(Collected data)
________

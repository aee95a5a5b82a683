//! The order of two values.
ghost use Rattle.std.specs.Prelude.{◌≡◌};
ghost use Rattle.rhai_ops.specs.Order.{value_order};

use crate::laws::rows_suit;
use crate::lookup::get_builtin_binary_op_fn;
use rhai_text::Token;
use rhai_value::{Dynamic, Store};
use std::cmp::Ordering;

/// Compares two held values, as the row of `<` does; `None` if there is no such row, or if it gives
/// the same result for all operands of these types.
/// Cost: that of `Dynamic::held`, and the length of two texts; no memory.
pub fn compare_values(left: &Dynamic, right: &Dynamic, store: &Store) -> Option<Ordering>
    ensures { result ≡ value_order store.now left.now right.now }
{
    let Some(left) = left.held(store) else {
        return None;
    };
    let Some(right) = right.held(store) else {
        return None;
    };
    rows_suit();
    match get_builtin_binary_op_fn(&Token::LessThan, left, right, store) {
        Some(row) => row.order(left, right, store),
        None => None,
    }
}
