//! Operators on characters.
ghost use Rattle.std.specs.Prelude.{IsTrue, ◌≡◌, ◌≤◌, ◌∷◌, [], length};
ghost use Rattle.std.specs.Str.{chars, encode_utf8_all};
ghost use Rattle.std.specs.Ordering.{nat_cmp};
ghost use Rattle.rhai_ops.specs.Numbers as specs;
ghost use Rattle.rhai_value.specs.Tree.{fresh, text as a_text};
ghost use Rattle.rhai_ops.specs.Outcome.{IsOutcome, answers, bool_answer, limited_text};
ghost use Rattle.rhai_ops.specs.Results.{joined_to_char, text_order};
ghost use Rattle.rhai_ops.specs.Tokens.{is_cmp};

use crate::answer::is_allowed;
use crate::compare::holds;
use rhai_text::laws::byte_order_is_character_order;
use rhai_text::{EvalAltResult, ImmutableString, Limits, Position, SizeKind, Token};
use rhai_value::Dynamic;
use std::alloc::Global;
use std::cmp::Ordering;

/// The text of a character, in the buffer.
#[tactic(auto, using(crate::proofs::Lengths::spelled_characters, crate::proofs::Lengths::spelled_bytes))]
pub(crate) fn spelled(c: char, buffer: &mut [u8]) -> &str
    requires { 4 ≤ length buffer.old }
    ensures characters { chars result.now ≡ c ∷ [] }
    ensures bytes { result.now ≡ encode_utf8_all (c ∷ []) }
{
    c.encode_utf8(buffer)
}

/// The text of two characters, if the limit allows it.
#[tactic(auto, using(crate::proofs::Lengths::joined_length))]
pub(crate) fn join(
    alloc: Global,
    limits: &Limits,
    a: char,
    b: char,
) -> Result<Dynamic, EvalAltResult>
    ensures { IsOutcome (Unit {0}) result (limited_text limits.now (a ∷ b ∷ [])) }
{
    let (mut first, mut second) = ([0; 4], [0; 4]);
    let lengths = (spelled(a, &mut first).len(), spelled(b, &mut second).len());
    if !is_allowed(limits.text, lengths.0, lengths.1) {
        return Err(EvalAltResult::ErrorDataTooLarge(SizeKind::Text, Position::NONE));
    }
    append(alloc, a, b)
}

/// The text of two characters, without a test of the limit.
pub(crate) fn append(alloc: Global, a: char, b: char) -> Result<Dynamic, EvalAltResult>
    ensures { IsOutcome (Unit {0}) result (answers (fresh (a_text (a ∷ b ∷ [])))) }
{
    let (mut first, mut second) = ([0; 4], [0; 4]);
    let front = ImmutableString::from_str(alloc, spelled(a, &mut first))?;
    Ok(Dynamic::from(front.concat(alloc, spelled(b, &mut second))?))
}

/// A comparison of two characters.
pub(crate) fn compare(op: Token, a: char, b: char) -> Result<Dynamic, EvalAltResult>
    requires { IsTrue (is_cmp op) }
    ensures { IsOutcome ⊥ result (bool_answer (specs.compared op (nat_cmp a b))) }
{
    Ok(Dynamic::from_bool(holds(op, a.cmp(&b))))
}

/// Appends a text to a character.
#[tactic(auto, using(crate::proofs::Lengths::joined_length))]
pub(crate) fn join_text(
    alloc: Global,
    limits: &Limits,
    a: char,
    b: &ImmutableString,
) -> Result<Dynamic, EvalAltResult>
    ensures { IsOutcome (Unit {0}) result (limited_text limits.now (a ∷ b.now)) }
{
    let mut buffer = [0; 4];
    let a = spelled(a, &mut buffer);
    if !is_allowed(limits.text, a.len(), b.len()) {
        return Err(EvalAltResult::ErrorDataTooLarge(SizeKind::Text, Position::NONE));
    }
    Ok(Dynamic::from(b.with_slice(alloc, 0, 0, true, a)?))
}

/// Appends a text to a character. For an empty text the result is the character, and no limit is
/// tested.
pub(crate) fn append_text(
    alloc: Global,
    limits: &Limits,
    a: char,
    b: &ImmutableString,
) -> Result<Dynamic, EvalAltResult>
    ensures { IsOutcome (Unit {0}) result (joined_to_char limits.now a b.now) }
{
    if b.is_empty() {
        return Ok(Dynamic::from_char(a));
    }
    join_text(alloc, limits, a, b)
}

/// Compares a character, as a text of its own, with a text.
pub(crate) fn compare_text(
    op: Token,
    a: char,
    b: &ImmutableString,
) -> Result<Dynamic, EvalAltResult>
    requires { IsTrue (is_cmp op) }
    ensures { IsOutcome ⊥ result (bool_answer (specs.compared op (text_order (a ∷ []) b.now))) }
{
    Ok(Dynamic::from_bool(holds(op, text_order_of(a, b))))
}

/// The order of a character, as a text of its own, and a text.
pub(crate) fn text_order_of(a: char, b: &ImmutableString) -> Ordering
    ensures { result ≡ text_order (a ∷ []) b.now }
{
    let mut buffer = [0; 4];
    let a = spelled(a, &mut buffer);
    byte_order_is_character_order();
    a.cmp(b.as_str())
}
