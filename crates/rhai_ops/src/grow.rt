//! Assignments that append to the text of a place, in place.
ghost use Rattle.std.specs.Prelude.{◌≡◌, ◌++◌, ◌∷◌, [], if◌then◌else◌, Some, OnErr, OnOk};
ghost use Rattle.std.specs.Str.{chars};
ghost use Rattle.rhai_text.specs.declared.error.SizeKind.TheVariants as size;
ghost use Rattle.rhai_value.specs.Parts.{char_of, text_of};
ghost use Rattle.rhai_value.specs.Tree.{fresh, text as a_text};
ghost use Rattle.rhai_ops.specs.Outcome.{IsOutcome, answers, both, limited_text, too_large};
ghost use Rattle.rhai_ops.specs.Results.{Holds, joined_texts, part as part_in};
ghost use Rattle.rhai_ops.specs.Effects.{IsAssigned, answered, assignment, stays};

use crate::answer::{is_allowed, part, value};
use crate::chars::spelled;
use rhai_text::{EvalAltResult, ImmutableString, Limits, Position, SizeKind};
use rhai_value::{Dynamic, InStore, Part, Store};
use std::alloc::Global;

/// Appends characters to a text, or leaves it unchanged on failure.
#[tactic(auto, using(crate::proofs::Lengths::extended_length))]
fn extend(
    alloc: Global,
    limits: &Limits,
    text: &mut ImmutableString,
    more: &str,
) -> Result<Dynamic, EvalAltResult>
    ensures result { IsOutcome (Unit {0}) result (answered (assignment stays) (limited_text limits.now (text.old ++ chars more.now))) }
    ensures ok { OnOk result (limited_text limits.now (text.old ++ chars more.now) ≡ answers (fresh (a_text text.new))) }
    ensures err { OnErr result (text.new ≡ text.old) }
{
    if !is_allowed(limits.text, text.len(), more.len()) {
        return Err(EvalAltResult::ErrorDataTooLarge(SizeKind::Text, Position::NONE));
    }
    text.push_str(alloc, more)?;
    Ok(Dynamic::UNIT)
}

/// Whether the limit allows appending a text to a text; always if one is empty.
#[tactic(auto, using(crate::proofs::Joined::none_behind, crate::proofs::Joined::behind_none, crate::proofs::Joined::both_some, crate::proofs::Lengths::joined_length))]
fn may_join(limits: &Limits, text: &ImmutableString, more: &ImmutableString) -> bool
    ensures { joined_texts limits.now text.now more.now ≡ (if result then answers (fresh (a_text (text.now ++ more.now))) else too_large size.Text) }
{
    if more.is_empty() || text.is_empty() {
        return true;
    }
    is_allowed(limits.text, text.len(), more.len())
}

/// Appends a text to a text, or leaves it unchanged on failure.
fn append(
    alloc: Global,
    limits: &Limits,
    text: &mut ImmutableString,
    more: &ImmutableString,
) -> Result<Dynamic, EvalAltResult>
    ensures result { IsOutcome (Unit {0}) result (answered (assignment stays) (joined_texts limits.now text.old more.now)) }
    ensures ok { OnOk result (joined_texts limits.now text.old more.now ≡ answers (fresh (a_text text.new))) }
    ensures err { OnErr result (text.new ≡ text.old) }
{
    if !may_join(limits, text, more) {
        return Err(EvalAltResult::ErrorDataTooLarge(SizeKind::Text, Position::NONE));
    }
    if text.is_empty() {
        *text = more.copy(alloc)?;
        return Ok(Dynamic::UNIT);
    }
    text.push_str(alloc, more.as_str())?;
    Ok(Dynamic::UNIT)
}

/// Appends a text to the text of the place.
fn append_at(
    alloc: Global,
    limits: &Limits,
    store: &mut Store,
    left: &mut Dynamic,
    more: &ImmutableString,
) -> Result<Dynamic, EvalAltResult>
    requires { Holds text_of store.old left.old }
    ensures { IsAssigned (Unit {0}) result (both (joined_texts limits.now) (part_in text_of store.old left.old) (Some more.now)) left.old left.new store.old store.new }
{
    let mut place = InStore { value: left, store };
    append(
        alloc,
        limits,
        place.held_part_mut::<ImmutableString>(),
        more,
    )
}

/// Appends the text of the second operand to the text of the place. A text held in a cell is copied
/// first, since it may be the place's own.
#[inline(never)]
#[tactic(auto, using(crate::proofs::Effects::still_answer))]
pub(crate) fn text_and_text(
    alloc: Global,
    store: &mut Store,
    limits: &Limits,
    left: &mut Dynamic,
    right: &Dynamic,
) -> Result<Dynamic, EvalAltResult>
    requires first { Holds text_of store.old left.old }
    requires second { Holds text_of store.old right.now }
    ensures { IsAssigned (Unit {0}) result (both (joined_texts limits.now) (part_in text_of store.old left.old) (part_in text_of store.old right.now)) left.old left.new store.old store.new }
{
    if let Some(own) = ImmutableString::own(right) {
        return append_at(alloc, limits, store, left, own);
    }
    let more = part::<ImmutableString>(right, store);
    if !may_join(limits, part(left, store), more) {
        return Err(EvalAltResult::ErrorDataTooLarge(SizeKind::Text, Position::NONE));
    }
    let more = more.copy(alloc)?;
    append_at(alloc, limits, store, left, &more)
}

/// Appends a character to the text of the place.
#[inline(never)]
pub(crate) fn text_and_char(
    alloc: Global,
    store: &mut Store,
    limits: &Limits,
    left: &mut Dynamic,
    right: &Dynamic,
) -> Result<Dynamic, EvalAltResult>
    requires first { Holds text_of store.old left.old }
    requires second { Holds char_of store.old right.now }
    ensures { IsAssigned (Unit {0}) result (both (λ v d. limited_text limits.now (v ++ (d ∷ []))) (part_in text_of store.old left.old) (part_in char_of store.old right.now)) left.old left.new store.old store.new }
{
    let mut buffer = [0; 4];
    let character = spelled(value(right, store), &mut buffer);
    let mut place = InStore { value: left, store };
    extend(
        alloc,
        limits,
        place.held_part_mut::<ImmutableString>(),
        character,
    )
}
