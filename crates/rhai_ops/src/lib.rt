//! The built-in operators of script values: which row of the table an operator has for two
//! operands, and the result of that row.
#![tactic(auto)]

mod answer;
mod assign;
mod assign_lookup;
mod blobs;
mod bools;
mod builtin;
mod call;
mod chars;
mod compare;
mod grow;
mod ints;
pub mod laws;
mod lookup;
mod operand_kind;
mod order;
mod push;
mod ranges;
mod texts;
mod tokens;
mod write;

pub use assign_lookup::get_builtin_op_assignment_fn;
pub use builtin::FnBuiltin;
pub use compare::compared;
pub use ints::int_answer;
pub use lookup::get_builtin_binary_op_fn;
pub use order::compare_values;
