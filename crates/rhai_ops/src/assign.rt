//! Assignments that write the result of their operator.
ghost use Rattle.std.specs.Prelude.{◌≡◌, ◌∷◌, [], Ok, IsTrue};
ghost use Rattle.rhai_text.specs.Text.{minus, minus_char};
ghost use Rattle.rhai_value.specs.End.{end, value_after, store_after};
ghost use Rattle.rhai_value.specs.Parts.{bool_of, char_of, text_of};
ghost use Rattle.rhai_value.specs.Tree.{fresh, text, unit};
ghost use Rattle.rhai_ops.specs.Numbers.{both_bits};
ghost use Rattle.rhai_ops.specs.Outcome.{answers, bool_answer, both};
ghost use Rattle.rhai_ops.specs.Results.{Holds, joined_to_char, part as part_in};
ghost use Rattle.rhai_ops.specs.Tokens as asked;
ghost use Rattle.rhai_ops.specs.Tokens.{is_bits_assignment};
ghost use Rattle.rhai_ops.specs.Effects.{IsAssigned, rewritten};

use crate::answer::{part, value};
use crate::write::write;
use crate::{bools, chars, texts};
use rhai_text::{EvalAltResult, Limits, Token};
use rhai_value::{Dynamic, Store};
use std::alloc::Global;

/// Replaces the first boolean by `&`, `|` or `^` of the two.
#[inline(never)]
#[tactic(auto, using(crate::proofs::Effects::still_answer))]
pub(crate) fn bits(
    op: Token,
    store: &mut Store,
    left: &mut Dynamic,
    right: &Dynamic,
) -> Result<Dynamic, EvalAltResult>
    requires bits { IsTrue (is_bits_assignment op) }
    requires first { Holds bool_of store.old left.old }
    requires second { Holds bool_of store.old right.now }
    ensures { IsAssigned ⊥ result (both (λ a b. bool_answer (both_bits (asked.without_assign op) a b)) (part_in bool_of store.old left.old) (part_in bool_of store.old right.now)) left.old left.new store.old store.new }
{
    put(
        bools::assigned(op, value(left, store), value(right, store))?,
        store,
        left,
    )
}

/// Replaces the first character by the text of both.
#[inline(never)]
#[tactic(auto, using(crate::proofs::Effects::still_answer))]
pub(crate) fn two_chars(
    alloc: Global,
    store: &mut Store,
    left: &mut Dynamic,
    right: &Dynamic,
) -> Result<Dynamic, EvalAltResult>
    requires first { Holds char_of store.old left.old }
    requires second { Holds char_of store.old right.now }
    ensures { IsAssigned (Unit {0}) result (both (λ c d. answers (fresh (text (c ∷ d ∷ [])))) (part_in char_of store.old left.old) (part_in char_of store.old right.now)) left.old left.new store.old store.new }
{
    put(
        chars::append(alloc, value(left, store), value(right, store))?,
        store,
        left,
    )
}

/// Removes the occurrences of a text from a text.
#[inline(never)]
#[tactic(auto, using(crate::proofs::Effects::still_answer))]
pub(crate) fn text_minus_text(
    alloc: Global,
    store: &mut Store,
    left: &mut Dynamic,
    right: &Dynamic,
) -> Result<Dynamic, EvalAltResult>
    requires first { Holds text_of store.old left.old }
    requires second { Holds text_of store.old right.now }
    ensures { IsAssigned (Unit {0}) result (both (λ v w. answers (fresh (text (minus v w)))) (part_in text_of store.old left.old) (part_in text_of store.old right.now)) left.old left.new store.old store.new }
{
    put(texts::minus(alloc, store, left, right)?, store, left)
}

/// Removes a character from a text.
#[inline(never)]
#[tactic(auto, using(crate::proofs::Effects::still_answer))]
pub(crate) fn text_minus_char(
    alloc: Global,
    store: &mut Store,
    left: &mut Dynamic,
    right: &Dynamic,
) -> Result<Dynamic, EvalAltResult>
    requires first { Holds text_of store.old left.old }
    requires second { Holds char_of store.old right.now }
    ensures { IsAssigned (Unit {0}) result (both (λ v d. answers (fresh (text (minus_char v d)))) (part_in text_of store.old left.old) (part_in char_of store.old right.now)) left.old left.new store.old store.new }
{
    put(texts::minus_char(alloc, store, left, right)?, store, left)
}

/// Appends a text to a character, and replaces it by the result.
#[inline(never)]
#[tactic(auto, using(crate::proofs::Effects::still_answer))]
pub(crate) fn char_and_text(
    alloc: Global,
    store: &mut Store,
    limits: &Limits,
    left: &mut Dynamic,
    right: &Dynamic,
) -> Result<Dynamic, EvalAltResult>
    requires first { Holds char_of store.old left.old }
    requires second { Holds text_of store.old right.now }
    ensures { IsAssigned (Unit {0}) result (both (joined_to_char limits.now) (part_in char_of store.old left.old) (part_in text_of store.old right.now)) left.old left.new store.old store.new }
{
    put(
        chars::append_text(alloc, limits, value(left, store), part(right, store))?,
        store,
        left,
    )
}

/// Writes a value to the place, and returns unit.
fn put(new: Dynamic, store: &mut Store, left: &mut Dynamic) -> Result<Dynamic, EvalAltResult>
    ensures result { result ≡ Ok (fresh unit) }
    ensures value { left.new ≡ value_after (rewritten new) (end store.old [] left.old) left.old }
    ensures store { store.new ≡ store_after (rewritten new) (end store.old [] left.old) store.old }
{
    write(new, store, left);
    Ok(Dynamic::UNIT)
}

________

» **What you are asked to do**
What is the number of lines in the records that contain "Removes"? Answer with it alone.

» **Task response**
2